Question

How do you divide $\dfrac{{{x^5} - {x^5}}}{{x - y}}$

Answer 1

Hint: Assuming the second \[{x^5}\]should have been a\[{y^5}\]:
If we continue with the same given equation, the value becomes zero immediately in the numerator and gives the resultant value as zero. So, we assume second \[{x^5}\]should have been a\[{y^5}\]. Then we will be able to divide the expression to get its simplified form, in which Both the numerator and denominator are homogeneous polynomials in x and y; the numerator being of degree 6 and the denominator of degree 1. With the help of a general form, we derive an equation for the numerator of the given expression and simplify, which gives us the answer.

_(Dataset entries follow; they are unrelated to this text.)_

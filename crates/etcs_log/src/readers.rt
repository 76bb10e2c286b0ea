//! A reader of each kind.

ghost use Rattle.std.specs.Prelude.{◌≡◌, IfOk, IfSome};
ghost use Rattle.etcs_text.specs.Verdicts.{IsVerdict};
ghost use Rattle.etcs_text.specs.declared.entry.Kind.{Kind};

use etcs_text::{Kind, SingleReader, Verdict};
use std::alloc::{AllocError, Global};
use std::marker::Model;

/// Readers of all kinds. Each is made when it first reads, and on the heap: it takes too much stack for the place where lines
/// are read.
#[derive(Drop)]
pub(crate) struct Readers {
    alloc: Global,
    long: Option<Box<SingleReader>>,
    short: Option<Box<SingleReader>>,
    radio: Option<Box<SingleReader>>,
    train: Option<Box<SingleReader>>,
}

impl Model for Readers {
    ghost use Rattle.std.specs.Prelude.{◌≡◌, ⊤, IfSome};
    ghost use Rattle.etcs_text.specs.declared.entry.Kind.TheVariants.{Long, Short, Radio, Train};

    ghost Value = { ⊤ };

    ghost view = { λ r. tt };

    ghost invariant = { λ r. IfSome r.long (λ b. b.value ≡ Long) × IfSome r.short (λ b. b.value ≡ Short) × IfSome r.radio (λ b. b.value ≡ Radio) × IfSome r.train (λ b. b.value ≡ Train) };
}

/// A reader that has read nothing. Not inlined, so that it is on the stack only while it is made.
///
/// # Errors
///
/// If memory runs out.
#[inline(never)]
fn boxed(alloc: Global, kind: Kind) -> Result<Box<SingleReader>, AllocError>
    ensures { IfOk result (λ b. b.value ≡ kind) }
{
    Ok(Box::new(alloc, SingleReader::new(alloc, kind))?)
}

/// What these bytes are as an item of the kind, by the reader of the slot, which is made if there is none.
///
/// # Errors
///
/// If memory runs out.
fn read_in(
    slot: &mut Option<Box<SingleReader>>,
    alloc: Global,
    kind: Kind,
    bytes: &[u8],
) -> Result<Verdict, AllocError>
    requires { IfSome slot.old (λ b. b.value ≡ kind) }
    ensures slot { IfSome slot.new (λ b. b.value ≡ kind) }
    ensures verdict { IfOk result (λ v. IsVerdict kind bytes.now v) }
{
    if let Some(reader) = slot {
        return reader.as_mut().read(bytes);
    }
    let mut reader = boxed(alloc, kind)?;
    let verdict = reader.as_mut().read(bytes);
    *slot = Some(reader);
    verdict
}

impl Readers {
    /// Nothing was read.
    pub(crate) fn new(alloc: Global) -> Readers {
        Readers {
            alloc,
            long: None,
            short: None,
            radio: None,
            train: None,
        }
    }

    /// What these bytes are as an item of the kind.
    ///
    /// # Errors
    ///
    /// If memory runs out.
    pub(crate) fn read(&mut self, kind: Kind, bytes: &[u8]) -> Result<Verdict, AllocError>
        ensures { IfOk result (λ v. IsVerdict kind bytes.now v) }
    {
        match kind {
            Kind::Long => read_in(&mut self.long, self.alloc, Kind::Long, bytes),
            Kind::Short => read_in(&mut self.short, self.alloc, Kind::Short, bytes),
            Kind::Radio => read_in(&mut self.radio, self.alloc, Kind::Radio, bytes),
            Kind::Train => read_in(&mut self.train, self.alloc, Kind::Train, bytes),
        }
    }
}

Complete step-by-step solution:
We are given that an expression $\dfrac{{{x^5} - {x^5}}}{{x - y}}$
Since, we know the formula for expressions like
\[
\Rightarrow {a^2} - {b^2} = (a + b)(a - b) \\
 \Rightarrow {a^3} - {b^3} = (a - b)({a^2} + ab + {b^2}) \\
\]
And we know a general form from which we can expand the numerator is
\[\Rightarrow {x^n} - {y^n} = (x - y)({x^{n - 1}} + {x^{n - 2}}y + ... + x{y^{n - 2}} + {y^{n - 1}})\]
From, this we can derive the formula for the numerator in the given expression, we get
\[\Rightarrow {x^5} - {y^5} = (x - y)({x^4} + {x^3}y + {x^2}{y^2} + x{y^3} + {y^4})\]
Now, we will substitute this in the numerator now, which will be
$\Rightarrow \dfrac{{(x - y)({x^4} + {x^3}y + {x^2}{y^2} + x{y^3} + {y^4})}}{{x - y}}$
Now, we will look for any common terms which can be cancelled and then we can further simplify it
And after we have cancelled the equations, we will get
$\Rightarrow ({x^4} + {x^3}y + {x^2}{y^2} + x{y^3} + {y^4})$
This is the final expression we get on dividing the given expression in the question.

Note: We have to be careful, while finding out the formula from the general form, as while substituting in the form, we might make mistakes in the power place and we have to re-check again for mistakes after substitution.